I wish I could find a Rem Grit for a 5" hole saw. I have had great luck with the 4" & 6" recessed can hole saw.


----------



## Mr. Sparkle (Jan 27, 2009)

480sparky said:


> Those Carlon ones take forever and a day to properly cut in.
> 
> 
> 
> ...


Yeah and they are not rated to support a ceiling fixture to boot.


----------



## 480sparky (Sep 20, 2007)

pjmurph2002 said:


> I wish I could find a Rem Grit for a 5" hole saw. I have had great luck with the 4" & 6" recessed can hole saw.


A 5" hole, or a 5-3/8" hole for a 5" can?


----------



## Bkessler (Feb 14, 2007)

Mr. Sparkle said:


> Yeah and they are not rated to support a ceiling fixture to boot.

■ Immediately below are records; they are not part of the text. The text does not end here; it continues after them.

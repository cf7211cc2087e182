// What is counted of rivers that were played.
ghost use Rattle.std.specs.Prelude.{◌≡◌, ◌+◌, ◌*◌, ◌/◌, ◌%◌, ◌<◌, IfOk, MatchOption};
ghost use Rattle.sums.specs.Again.{told_again};
ghost use Rattle.sums.specs.Readings.{as_gauges};
ghost use Rattle.machine.specs.Entry.{own};
ghost use Rattle.machine.specs.Run.{new_world};
ghost use Rattle.rows.specs.Walls.{as_wall};
ghost use Rattle.world.specs.Tallies.{none_counted};
ghost use Rattle.play.specs.Plays.{unrolled};
ghost use Rattle.play.specs.Scores.{acts_of_each, all_strokes};

use machine::MACHINES;
use river::Item;
use rows::Row;
use std::alloc::{AllocError, Global};
use std::collections::BTreeSet;
use std::fmt;
use sums::Reading;
use world::World;

// How many acts each item takes, where all are played from the start.
pub fn acts_of(
    heap: Global,
    gauges: &[Vec<Reading>],
    items: &[Item],
) -> Result<Vec<u64>, AllocError>
    ensures { IfOk result (λ v. v.items ≡ acts_of_each (as_gauges gauges.now) (new_world own) none_counted items.now) }
{
    let mut world = World::new(heap)?;
    let mut acts = Vec::new(heap);
    for item in items {
        let before = world.tally.total();
        world.happen(heap, gauges, *item)?;
        acts.push(world.tally.total().saturating_sub(before))?;
    }
    Ok(acts)
}

// How many rows are of an hour and a place that was told before.
pub fn told_again(heap: Global, told: &[Row]) -> Result<u64, AllocError>
    ensures { IfOk result (λ n. n ≡ told_again (as_wall told.now)) }
{
    let mut seen = BTreeSet::new(heap);
    let mut again: u64 = 0;
    // A loop and no chain, since to keep a key can fail.
    for row in told {
        if !seen.insert(row.key())? {
            again += 1;
        }
    }
    Ok(again)
}

// How often lightning strikes any of the machines; in calm it strikes none.
pub fn strokes_of(items: &[Item]) -> u64
    ensures { result ≡ all_strokes (unrolled items.now) }
{
    let strokes = items.iter().filter(
        |item| matches!(item, Item::Falls(machine) if *machine < MACHINES),
    );
    strokes.count() as u64
}

// A quotient with two decimals, rounded down.
#[derive(Clone, Copy, PartialEq, Eq, Debug)]
pub struct Ratio {
    pub whole: u64,
    pub hundredths: u64,
}

impl Ratio {
    // None where there is nothing to divide by.
    pub fn new(of: u64, to: u64) -> Option<Ratio>
        ensures { MatchOption result (to ≡ 0) (λ q. (0 < to) × (q.whole ≡ of / to) × (q.hundredths ≡ of % to * 100 / to)) }
    {
        if to == 0 {
            return None;
        }
        let rest = u128::from(of % to);
        let hundredths = (rest * 100 / u128::from(to)) as u64;
        Some(Ratio {
            whole: of / to,
            hundredths,
        })
    }
}

impl fmt::Display for Ratio {
    fn fmt<W: fmt::Write>(&self, f: &mut fmt::Formatter<W>) -> fmt::Result {
        let Ratio { whole, hundredths } = *self;
        write!(f, "{whole}.{hundredths:02}")
    }
}
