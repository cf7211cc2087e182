// Rivers played and judged, and what came of them added up.
ghost use Rattle.std.specs.Prelude.{◌≡◌, true, IfOk, IfErr};
ghost use Rattle.sums.specs.Sums.{pick, all_told, gauges_fine};
ghost use Rattle.sums.specs.Readings.{as_gauges};
ghost use Rattle.rows.specs.Walls.{TooMuch};
ghost use Rattle.world.specs.Worlds.{as_world};
ghost use Rattle.play.specs.Plays.{unrolled, played};
ghost use Rattle.play.specs.Trials.{all_right, both, readings_after, Scores};
ghost use Rattle.play.specs.Verdicts.{verdict_of};
ghost use Rattle.play.specs.declared.verdict.Verdict.TheVariants.{Untold as NotAll, Right as AllRight};

use crate::playing::play;
use crate::score::{strokes_of, told_again};
use crate::verdict::{Judgement, Verdict, judge};
use river::Item;
use rows::WallError;
use std::alloc::Global;
use std::fmt;
use sums::Reading;
use world::World;

#[derive(Clone, Copy, PartialEq, Eq, Debug)]
pub struct Score {
    // How many worlds were played.
    pub worlds: u64,
    pub readings: u64,
    // How many rows are on the walls, and how many of them were told before.
    pub told: u64,
    pub again: u64,
    // On how many walls more rows were told before than there were strokes.
    pub too_often: u64,
    pub wrong: u64,
    pub untold: u64,
    pub faults: u64,
}

impl Score {
    pub const NONE: Score = Score {
        worlds: 0,
        readings: 0,
        told: 0,
        again: 0,
        too_often: 0,
        wrong: 0,
        untold: 0,
        faults: 0,
    };

    // Nothing is told too often, wrong, untold or at fault.
    pub fn is_right(self) -> bool
        ensures { result ≡ all_right self }
    {
        self.too_often == 0 && self.wrong == 0 && self.untold == 0 && self.faults == 0
    }

    // Both together; a count that is full stays full.
    pub fn plus(self, other: Score) -> Score
        ensures { result ≡ both self other }
    {
        Score {
            worlds: self.worlds.saturating_add(other.worlds),
            readings: self.readings.saturating_add(other.readings),
            told: self.told.saturating_add(other.told),
            again: self.again.saturating_add(other.again),
            too_often: self.too_often.saturating_add(other.too_often),
            wrong: self.wrong.saturating_add(other.wrong),
            untold: self.untold.saturating_add(other.untold),
            faults: self.faults.saturating_add(other.faults),
        }
    }
}

// How many readings the gauges have together.
pub fn count_readings(gauges: &[Vec<Reading>]) -> u64
    ensures { result ≡ readings_after 0 (as_gauges gauges.now) }
{
    gauges.iter().fold(
        0,
        |readings: u64, gauge| readings.saturating_add(gauge.len() as u64),
    )
}

// What came of a river.
#[derive(Clone, Copy, PartialEq, Eq, Debug)]
pub struct Outcome {
    pub verdict: Verdict,
    pub score: Score,
}

// In words: the verdict, and whether rows are told too often.
impl fmt::Display for Outcome {
    fn fmt<W: fmt::Write>(&self, f: &mut fmt::Formatter<W>) -> fmt::Result {
        let Outcome { verdict, score } = *self;
        write!(f, "{verdict}")?;
        if score.too_often > 0 {
            f.write_str("; rows are told too often")?;
        }
        Ok(())
    }
}

// What came of a world that was played by these items.
fn outcome_of(
    heap: Global,
    gauges: &[Vec<Reading>],
    items: &[Item],
    world: &World,
) -> Result<Outcome, WallError>
    ensures verdict { IfOk result (λ t. t.verdict ≡ verdict_of (as_gauges gauges.now) (as_world world.now)) }
    ensures score { IfOk result (λ t. Scores (as_gauges gauges.now) (unrolled items.now) (as_world world.now) t.score) }
    ensures refused { IfErr result (λ e. TooMuch (as_gauges gauges.now) e) }
{
    let Judgement {
        verdict,
        comparison,
    } = judge(heap, gauges, world)?;
    let again = told_again(heap, world.told.as_slice())?;
    let score = Score {
        worlds: 1,
        readings: count_readings(gauges),
        told: world.told.len() as u64,
        again,
        too_often: u64::from(again > strokes_of(items)),
        wrong: comparison.wrong,
        untold: comparison.untold.len() as u64,
        faults: u64::from(world.fault),
    };
    Ok(Outcome { verdict, score })
}

// The river played from the start and judged. Nothing is at fault, no row is wrong and none is told too often.
pub fn trial(heap: Global, gauges: &[Vec<Reading>], items: &[Item]) -> Result<Outcome, WallError>
    ensures verdict { IfOk result (λ t. t.verdict ≡ verdict_of (as_gauges gauges.now) (played (as_gauges gauges.now) items.now)) }
    ensures right { IfOk result (λ t. gauges_fine (as_gauges gauges.now) ≡ true → t.verdict ≡ pick (all_told (as_gauges gauges.now) (played (as_gauges gauges.now) items.now).told) AllRight NotAll) }
    ensures rare { IfOk result (λ t. gauges_fine (as_gauges gauges.now) ≡ true → t.score.too_often ≡ 0) }
    ensures score { IfOk result (λ t. Scores (as_gauges gauges.now) (unrolled items.now) (played (as_gauges gauges.now) items.now) t.score) }
    ensures refused { IfErr result (λ e. TooMuch (as_gauges gauges.now) e) }
{
    let world = play(heap, gauges, items)?;
    outcome_of(heap, gauges, items, &world)
}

I use that blue one with the wings to hang ceiling fans, mostly in the rooms of children.


----------



## Nildogg (Jul 29, 2010)

Bkessler said:


> I use that blue one with the wings to hang ceiling fans, mostly in the rooms of children.


 
The consequeses would never be the same.


----------



## pjmurph2002 (Sep 18, 2009)

480sparky said:


> A 5" hole, or a 5-3/8" hole for a 5" can?


For a 5" recessed can


----------



## 480sparky (Sep 20, 2007)

pjmurph2002 said:


> For a 5" recessed can


Try a Lenox.


----------



## Johnpaul (Oct 2, 2008)

Lenox like all the others only makes a rim grit in a 5-3/8" size. I run into a similar problem when dealing with putting high hats into ceilings with drywall laid over plaster and need 1-1/2" of cutting depth or more (greater than the 1-1/8 cutting depth of my Hole Pro adjustable hole cutter with its tungsten carbide blades). I need 3-3/4, 4-1/2, and 6-1/4 inch diameter holes for Halo cans and there are no rim grit in those sizes. For the 6-1/4 I can use a 6-3/8 and just have a sloppy hole but not even that option exists for the 3, 4, and 5 inch cans which is why we are big fans of the adjustable hole cutters that we can set at any size we need and have exactly the right size hole.


----------



## Allwire Electric (Jan 18, 2012)

Any 4 1/8 hole saw will cut this box in properly with no trimming. seriously?


----------



## ohiosparky99 (Nov 12, 2009)

The hole pro X-230 is probably one of my favorite tools and best investments, will cut a hole in almost anything and is adjustable, yesterday we used to cut 3 4" holes in a roof for a new 1200 amp service, it cut through 2 layers of shingles and 5/8 OSB in about 10 seconds a hole


----------



## KayJay (Jan 20, 2008)

It looks like Milwaukee, Lennox and Greenlee now all make the 4-3/8", 5-3/8, 6-3/8, 6-5/8, 6-7/8" regular and grit edge RC hole saws. Milwaukee also makes a 3-1/8".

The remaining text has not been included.